■ PROMPT ■
Reproduce the listing that follows with no differences at all.
[DATA SUPPLIED Boundary: Start]
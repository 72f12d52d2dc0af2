ghost use Rattle.std.specs.Prelude.{◌≡◌};
ghost use Rattle.clock.specs.Setting.{setting_of};

use crate::sound::Sound;
use state::{
    AskedMicros, Clock, LAST_MICRO, LAST_SECOND, MAX_ERROR, Micros, OffsetUnits, Outcome,
    PhaseParts, PhaseUnits, Refusal, TIME_BAD,
};

// The clock set to a time; frequency, time constant and kind stay.
pub fn set(c: Clock, seconds: u64, micros: AskedMicros) -> Outcome
    ensures { result ≡ setting_of c seconds micros }
{
    let Some(sound) = Sound::of(c) else {
        return Outcome::refused(c, Refusal::State);
    };
    if !((seconds <= LAST_SECOND as u64) & (micros.0 <= LAST_MICRO as u64)) {
        return Outcome::refused(c, Refusal::Time);
    }
    let none = OffsetUnits(0);
    let (adjustment, remainder) = sound.increments(none);
    Outcome::accepted(Clock {
        seconds: seconds as u32,
        micros: Micros(micros.0 as u32),
        phase: PhaseUnits(0),
        offset: none,
        adjustment,
        updated: 0,
        interval: 0,
        maxerror: Micros(MAX_ERROR),
        esterror: Micros(MAX_ERROR),
        status: TIME_BAD,
        remainder,
        leftover: PhaseParts(0),
        ..c
    })
}
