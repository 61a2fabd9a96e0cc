// SPDX-License-Identifier: GPL-2.0-only
//! Passes over the caches of a group.

ghost use Rattle.std.specs.Prelude.{◌≡◌, ℕ, ◌<◌, Some, length, slice_get};
ghost use Rattle.std.specs.Bool.{Decides};
ghost use Rattle.shr_base.specs.declared.ends.WorkerPart.{WorkerPart};
ghost use Rattle.shr_base.specs.Walks.{WalkRecord};
ghost use Rattle.shr_audit_formed.specs.Each.{EachItem};
ghost use Rattle.shr_model.specs.Attempts.{pass_of};
ghost use Rattle.shr_laws.specs.Causes.{IsPassCaused};
ghost use Rattle.shr_laws.specs.Parts.{EachAttempt};
ghost use Rattle.shr_audit_case.specs.Places.{AreInOrder};
ghost use Rattle.shr_audit_reasons.specs.Counted.{IsCountOf};
ghost use Rattle.shr_audit_reasons.specs.Passes.{ArePassesCaused, IsRunCaused};

use crate::counted::Counted;
use crate::spent::{is_closed_at, is_ending_right};
use shr_base::attempts::Attempt;
use shr_base::ends::WorkerPart;
use shr_base::places::Place;
use shr_base::scripts::Script;
use shr_base::walks::{Outcome, PassRecord, WalkRecord};
use shr_laws::report::Report;

// The pass that an attempt ran to its end, if it did.
fn pass_of(outcome: &Outcome) -> Option<PassRecord>
    ensures { result ≡ pass_of outcome.now }
{
    match outcome {
        Outcome::Ran { pass, .. } => Some(*pass),
        Outcome::RestoredRan { pass, .. } => Some(*pass),
        _ => None,
    }
}

// Whether a pass at a place has its cause.
fn is_pass_caused(
    script: &Script,
    report: &Report,
    counted: &Counted,
    worker: usize,
    place: Place,
    pass: &PassRecord,
) -> bool
    requires order { AreInOrder report.now.places.items }
    requires counted { IsCountOf script.now report.now counted.now }
    requires there { worker < length report.now.workers.items }
    ensures { Decides result (IsPassCaused script.now report.now worker place pass.now) }
{
    if pass.closed > 0 && !is_closed_at(script, report, counted, place) {
        return false;
    }
    is_ending_right(script, report, counted, worker, pass.ending)
}

// Whether that of an attempt has.
fn is_run_caused(
    script: &Script,
    report: &Report,
    counted: &Counted,
    worker: usize,
    walk: &WalkRecord,
    attempt: &Attempt,
) -> bool
    requires order { AreInOrder report.now.places.items }
    requires counted { IsCountOf script.now report.now counted.now }
    requires there { worker < length report.now.workers.items }
    ensures { Decides result (IsRunCaused script.now report.now worker walk.now attempt.now) }
{
    let place = Place {
        id: attempt.id,
        node: walk.node,
        group: walk.group,
    };
    match pass_of(&attempt.outcome()) {
        Some(pass) => is_pass_caused(script, report, counted, worker, place, &pass),
        None => true,
    }
}

// Whether each pass of a walk has.
fn are_runs_caused(
    script: &Script,
    report: &Report,
    counted: &Counted,
    worker: usize,
    walk: &WalkRecord,
) -> bool
    requires order { AreInOrder report.now.places.items }
    requires counted { IsCountOf script.now report.now counted.now }
    requires there { worker < length report.now.workers.items }
    ensures { Decides result (EachAttempt walk.now
        (λ a. IsRunCaused script.now report.now worker walk.now a)) }
{
    for attempt in walk.attempts() {
        if !is_run_caused(script, report, counted, worker, walk, attempt) {
            return false;
        }
    }
    true
}

// Whether each pass of these walks has.
fn are_walks_caused(
    script: &Script,
    report: &Report,
    counted: &Counted,
    worker: usize,
    walks: &[WalkRecord],
) -> bool
    requires order { AreInOrder report.now.places.items }
    requires counted { IsCountOf script.now report.now counted.now }
    requires there { worker < length report.now.workers.items }
    ensures { Decides result (EachItem (λ w. EachAttempt w
        (λ a. IsRunCaused script.now report.now worker w a)) walks.now) }
{
    for walk in walks {
        if !are_runs_caused(script, report, counted, worker, walk) {
            return false;
        }
    }
    true
}

// Whether each pass of these parts has.
fn are_parts_caused(
    script: &Script,
    report: &Report,
    counted: &Counted,
    parts: &[WorkerPart],
) -> bool
    requires order { AreInOrder report.now.places.items }
    requires counted { IsCountOf script.now report.now counted.now }
    requires whole { parts.now ≡ report.now.workers.items }
    ensures { Decides result ((worker : ℕ) (part : WorkerPart)
        → slice_get parts.now worker ≡ Some part
        → EachItem (λ w. EachAttempt w
        (λ a. IsRunCaused script.now report.now worker w a)) part.walks.items) }
{
    for worker in 0..parts.len() {
        if !are_walks_caused(
            script,
            report,
            counted,
            worker,
            parts[worker].walks.as_slice(),
        ) {
            return false;
        }
    }
    true
}

/// Whether each pass found its list closed only where it is closed, and is worn only by a counter
/// that was used up.
pub fn are_passes_caused(script: &Script, report: &Report, counted: &Counted) -> bool
    requires order { AreInOrder report.now.places.items }
    requires counted { IsCountOf script.now report.now counted.now }
    ensures { Decides result (ArePassesCaused script.now report.now) }
{
    let all = are_parts_caused(script, report, counted, report.workers.as_slice());
    all
}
[DATA SUPPLIED Boundary: End]
■ ANSWER ■
repository 72f12d52d2dc0af2
ghost use Rattle.std.specs.Prelude.{◌≡◌};
ghost use Rattle.clock.specs.Setting.{setting_of};

use crate::sound::Sound;
use state::{
    AskedMicros, Clock, LAST_MICRO, LAST_SECOND, MAX_ERROR, Micros, OffsetUnits, Outcome,
    PhaseParts, PhaseUnits, Refusal, TIME_BAD,
};

// The clock set to a time; frequency, time constant and kind stay.
pub fn set(c: Clock, seconds: u64, micros: AskedMicros) -> Outcome
    ensures { result ≡ setting_of c seconds micros }
{
    let Some(sound) = Sound::of(c) else {
        return Outcome::refused(c, Refusal::State);
    };
    if !((seconds <= LAST_SECOND as u64) & (micros.0 <= LAST_MICRO as u64)) {
        return Outcome::refused(c, Refusal::Time);
    }
    let none = OffsetUnits(0);
    let (adjustment, remainder) = sound.increments(none);
    Outcome::accepted(Clock {
        seconds: seconds as u32,
        micros: Micros(micros.0 as u32),
        phase: PhaseUnits(0),
        offset: none,
        adjustment,
        updated: 0,
        interval: 0,
        maxerror: Micros(MAX_ERROR),
        esterror: Micros(MAX_ERROR),
        status: TIME_BAD,
        remainder,
        leftover: PhaseParts(0),
        ..c
    })
}
repository 61a2fabd9a96e0cc
// SPDX-License-Identifier: GPL-2.0-only
//! Passes over the caches of a group.

ghost use Rattle.std.specs.Prelude.{◌≡◌, ℕ, ◌<◌, Some, length, slice_get};
ghost use Rattle.std.specs.Bool.{Decides};
ghost use Rattle.shr_base.specs.declared.ends.WorkerPart.{WorkerPart};
ghost use Rattle.shr_base.specs.Walks.{WalkRecord};
ghost use Rattle.shr_audit_formed.specs.Each.{EachItem};
ghost use Rattle.shr_model.specs.Attempts.{pass_of};
ghost use Rattle.shr_laws.specs.Causes.{IsPassCaused};
ghost use Rattle.shr_laws.specs.Parts.{EachAttempt};
ghost use Rattle.shr_audit_case.specs.Places.{AreInOrder};
ghost use Rattle.shr_audit_reasons.specs.Counted.{IsCountOf};
ghost use Rattle.shr_audit_reasons.specs.Passes.{ArePassesCaused, IsRunCaused};

use crate::counted::Counted;
use crate::spent::{is_closed_at, is_ending_right};
use shr_base::attempts::Attempt;
use shr_base::ends::WorkerPart;
use shr_base::places::Place;
use shr_base::scripts::Script;
use shr_base::walks::{Outcome, PassRecord, WalkRecord};
use shr_laws::report::Report;

// The pass that an attempt ran to its end, if it did.
fn pass_of(outcome: &Outcome) -> Option<PassRecord>
    ensures { result ≡ pass_of outcome.now }
{
    match outcome {
        Outcome::Ran { pass, .. } => Some(*pass),
        Outcome::RestoredRan { pass, .. } => Some(*pass),
        _ => None,
    }
}

// Whether a pass at a place has its cause.
fn is_pass_caused(
    script: &Script,
    report: &Report,
    counted: &Counted,
    worker: usize,
    place: Place,
    pass: &PassRecord,
) -> bool
    requires order { AreInOrder report.now.places.items }
    requires counted { IsCountOf script.now report.now counted.now }
    requires there { worker < length report.now.workers.items }
    ensures { Decides result (IsPassCaused script.now report.now worker place pass.now) }
{
    if pass.closed > 0 && !is_closed_at(script, report, counted, place) {
        return false;
    }
    is_ending_right(script, report, counted, worker, pass.ending)
}

// Whether that of an attempt has.
fn is_run_caused(
    script: &Script,
    report: &Report,
    counted: &Counted,
    worker: usize,
    walk: &WalkRecord,
    attempt: &Attempt,
) -> bool
    requires order { AreInOrder report.now.places.items }
    requires counted { IsCountOf script.now report.now counted.now }
    requires there { worker < length report.now.workers.items }
    ensures { Decides result (IsRunCaused script.now report.now worker walk.now attempt.now) }
{
    let place = Place {
        id: attempt.id,
        node: walk.node,
        group: walk.group,
    };
    match pass_of(&attempt.outcome()) {
        Some(pass) => is_pass_caused(script, report, counted, worker, place, &pass),
        None => true,
    }
}

// Whether each pass of a walk has.
fn are_runs_caused(
    script: &Script,
    report: &Report,
    counted: &Counted,
    worker: usize,
    walk: &WalkRecord,
) -> bool
    requires order { AreInOrder report.now.places.items }
    requires counted { IsCountOf script.now report.now counted.now }
    requires there { worker < length report.now.workers.items }
    ensures { Decides result (EachAttempt walk.now
        (λ a. IsRunCaused script.now report.now worker walk.now a)) }
{
    for attempt in walk.attempts() {
        if !is_run_caused(script, report, counted, worker, walk, attempt) {
            return false;
        }
    }
    true
}

// Whether each pass of these walks has.
fn are_walks_caused(
    script: &Script,
    report: &Report,
    counted: &Counted,
    worker: usize,
    walks: &[WalkRecord],
) -> bool
    requires order { AreInOrder report.now.places.items }
    requires counted { IsCountOf script.now report.now counted.now }
    requires there { worker < length report.now.workers.items }
    ensures { Decides result (EachItem (λ w. EachAttempt w
        (λ a. IsRunCaused script.now report.now worker w a)) walks.now) }
{
    for walk in walks {
        if !are_runs_caused(script, report, counted, worker, walk) {
            return false;
        }
    }
    true
}

// Whether each pass of these parts has.
fn are_parts_caused(
    script: &Script,
    report: &Report,
    counted: &Counted,
    parts: &[WorkerPart],
) -> bool
    requires order { AreInOrder report.now.places.items }
    requires counted { IsCountOf script.now report.now counted.now }
    requires whole { parts.now ≡ report.now.workers.items }
    ensures { Decides result ((worker : ℕ) (part : WorkerPart)
        → slice_get parts.now worker ≡ Some part
        → EachItem (λ w. EachAttempt w
        (λ a. IsRunCaused script.now report.now worker w a)) part.walks.items) }
{
    for worker in 0..parts.len() {
        if !are_walks_caused(
            script,
            report,
            counted,
            worker,
            parts[worker].walks.as_slice(),
        ) {
            return false;
        }
    }
    true
}

/// Whether each pass found its list closed only where it is closed, and is worn only by a counter
/// that was used up.
pub fn are_passes_caused(script: &Script, report: &Report, counted: &Counted) -> bool
    requires order { AreInOrder report.now.places.items }
    requires counted { IsCountOf script.now report.now counted.now }
    ensures { Decides result (ArePassesCaused script.now report.now) }
{
    let all = are_parts_caused(script, report, counted, report.workers.as_slice());
    all
}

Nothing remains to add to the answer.